INTRODUÇÃO
Desde que a estrutura lógica internamente consistente não seja desafiada por ela, não há razão para
supor que uma cosmologia cultural ou modelo epistemológico totalmente falso não possa ser formado e
mantido indefinidamente por uma espécie inteligente ... o sucesso evolucionário é irrelevante para o
objetivo mérito ou validade de tais modelos (Bednarik 2011, 6–7).
Da mesma forma, tanto a apofenia como a pareidolia têm sido vantajosas na evolução
humana, apesar de serem crenças inteiramente errôneas, e sem dúvida contribuíram para
a formação da falsa construção da realidade que adotamos hoje. Portanto, elas não são
ferramentas úteis na pesquisa de arte rupestre, onde a questão da veracidade é de suma
importância e o raciocínio de causa e efeito precisa ser aplicado em vez do pensamento
associativo. Seus efeitos precisam ser examinados de perto e tal revisão pode se beneficiar
de um projeto sistemático. Primeiro, vários exemplos precisam ser descritos e analisados,
isto é, os elementos ou estrutura do fenômeno precisam ser submetidos a um exame
detalhado. Isso vai ajudar numa melhor apreciação dos efeitos da pareidolia, como eles
se manifestam em exemplos práticos ligados a paleoarte, e vai levar à identificação dos
fatores subjacentes. Esse processo deve então facilitar a formulação de uma síntese geral
do impacto da pareidolia nos pintores de arte rupestre.
Como editor da revista Rock Art Research desde sua fundação em 1984, recebemos
muitas dúzias de submissões sobre rochas de propriedades icônicas de uma forma ou de
outra, e testemunhamos inúmeros exemplos de crença fervorosa em fenômenos
pareidólicos.
Algumas dessas experiências pareciam bastante bizarras. Uma mulher relatou que
encontrou imagens dentro de pedrinhas quando as separou, e alegou que essas fotos
haviam sido colocadas lá deliberadamente por aborígines.

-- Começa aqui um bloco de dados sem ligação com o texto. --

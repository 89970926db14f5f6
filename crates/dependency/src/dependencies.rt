//! The dependency relation, put into an order.

ghost use Rattle.std.specs.Prelude.{◌≡◌, ◌-◌, ◌<◌, ℕ, All, Err, IfErr, IfOk, List, length, slice_index};
ghost use Rattle.dependency.specs.Dependencies.{IsAcyclic, IsOrder};
ghost use Rattle.dependency.specs.Faults.{IsOrderFault};
ghost use Rattle.expansion_tree.specs.Occurrences.{occurrences_of};
ghost use Rattle.dependency.specs.Graphs.{predecessors, row_lists};
ghost use Rattle.dependency.specs.Nesting.{AreNested, AreSelections, shortened as shortened_by};

use crate::faults::OrderFault;
use crate::graphs::{Sorting, predecessor, sort};
use crate::orders::Order;
use crate::uses::graph;
use expansion_tree::fitted::Fitted;
use hol_terms::lists::Numbers;
use std::alloc::{AllocError, Global};

/// The first predecessor of the vertex, or 0 where it has none.
fn first_predecessor(graph: &[Vec<u64>], vertex: u64) -> u64
    requires { vertex < length graph.now }
    ensures { result ≡ slice_index (predecessors (row_lists graph.now) vertex) 0 }
{
    predecessor(graph, vertex, 0).unwrap_or(0)
}

/// The cycle without those that are reached from the one before by going down to an occurrence right below it.
fn shortened(alloc: Global, graph: &[Vec<u64>], cycle: &[u64]) -> Result<Numbers, AllocError>
    requires some { 0 < length cycle.now }
    requires vertices { All (λ v. v < length graph.now) cycle.now }
    ensures { IfOk result (λ chain. chain ≡ shortened_by (row_lists graph.now) (slice_index cycle.now (length cycle.now - 1)) cycle.now) }
{
    let mut chain = Numbers::new(alloc);
    let mut before = cycle[cycle.len() - 1];
    for vertex in cycle {
        if before != first_predecessor(graph, *vertex) {
            chain.push(*vertex)?;
        }
        before = *vertex;
    }
    Ok(chain)
}

/// Orders the occurrences so that each stands before those that it is directly before, those in whose term a variable is free that is
/// selected below it, and before those that stand below it (Miller 1987). `Cycle` comes exactly where there is no such order, with
/// occurrences that are each directly before the next, the last before the first.
pub fn order(alloc: Global, fitted: &Fitted) -> Result<Order, OrderFault>
    ensures order { IfOk result (λ order. IsOrder (occurrences_of fitted.now.tree) fitted.now.selection_list order) }
    ensures many { IfOk result (λ order. length order ≡ length (occurrences_of fitted.now.tree)) }
    ensures acyclic { IfOk result (λ _. IsAcyclic (occurrences_of fitted.now.tree) fitted.now.selection_list) }
    ensures fault { IfErr result (λ e. IsOrderFault (occurrences_of fitted.now.tree) fitted.now.selection_list e) }
    ensures only { (chain : List ℕ) → result ≡ Err (OrderFault.Cycle chain) → IsAcyclic (occurrences_of fitted.now.tree) fitted.now.selection_list → ⊥ }
{
    // Each variable is selected once, since the tree fits.
    let _ = fitted.tree();
    let graph = graph(alloc, fitted)?;
    match sort(alloc, &graph)? {
        Sorting::Order(mut vertices) => {
            // The whole tree comes first.
            let _ = vertices.remove(0);
            Ok(Order { items: vertices })
        }
        Sorting::Cycle(cycle) => Err(OrderFault::Cycle(shortened(alloc, &graph, &cycle)?)),
    }
}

Em outra ocasião, examinamos
Cedar-by-the-Sea, um sítio petroglifo na Ilha de Vancouver, na costa oeste do Canadá
(Hill, Hill 1974: 99). O proprietário se esforçou muito para nos convencer de que, além
dos vários petróglifos do local, há também uma decoração intricada na superfície da
rocha. Nós simplesmente não conseguimos ver o que ela queria dizer e demorou algum
tempo para perceber que ela percebia os padrões gerais de intemperismo em escala
submilimétrica no pavimento da rocha como tendo sido criados por humanos. Explicação
do fenômeno como acréscimos minerais naturais e suas modificações foi recebida com
incredulidade.
A questão é complicada pelo fato de que pelo menos alguns hominídeos do Paleolítico
Inferior possuíam de fato a capacidade de ver a semelhança entre um objeto natural e um
que se assemelha. Duas pedras de formas naturais foram modificadas para enfatizar suas
propriedades figurativas por pessoas do Acheuliano. A proto-estatueta Tan-Tan do
Marrocos é de um depósito de ocupação que se acredita ser da ordem de 400 ka (400.000
anos) (Bednarik 2003). É uma peça de quartzito que foi moldada por processos naturais,
mas como se assemelha a um corpo humano, essa semelhança foi acentuada pela adição
de vários sulcos e, em seguida, o objeto foi revestido de hematita. Outra protofigura, de
Israel, é uma pedra de tufo e escória com a forma natural de uma cabeça feminina,
pescoço, tronco e braços, escavados de um depósito de ocupação com mais de 230 ka
(Goren-Inbar 1986). Verificou-se que ele foi superficialmente modificado pela adição de
ranhuras e abrasão de certos aspectos, destacando também uma semelhança com uma
figura feminina (Marshack 1996, 1997). Um terceiro exemplo é um elenco de chocos
fósseis encontrado em um local de habitação do Último Acheuliano em Erfoud Site A-
84-2, Marrocos (Bednarik 2002). Tais fósseis não ocorrem naturalmente naquela região
e, como manuta, esse fragmento tem uma semelhança tão forte com um pênis humano
que, presumivelmente, isso também foi percebido pelo hominídeo que o depositou na
estrutura do abrigo. Outros achados relevantes são os modelos fósseis coletados por
hominídeos do Paleolítico Inferior e Médio, o que sugere que a semelhança entre eles e
seus referentes vivos foi reconhecida. O espécime mais antigo que sugere tal
reconhecimento, no entanto, é significativamente mais antigo. As pedras de Makapansgat
foram transportadas por uma grande distância e depositadas em uma caverna de dolomita
sul-africana de 2,5 a 3 milhões de anos atrás. Está completamente inalterado, mas consiste
de uma pedra vermelha incomum e muito dura, jaspilite e sua semelhança com uma
cabeça é tão marcante que se acredita ter sido apreciada por um hominídeo no momento
da aurora da linhagem humana (Bednarik, 1998).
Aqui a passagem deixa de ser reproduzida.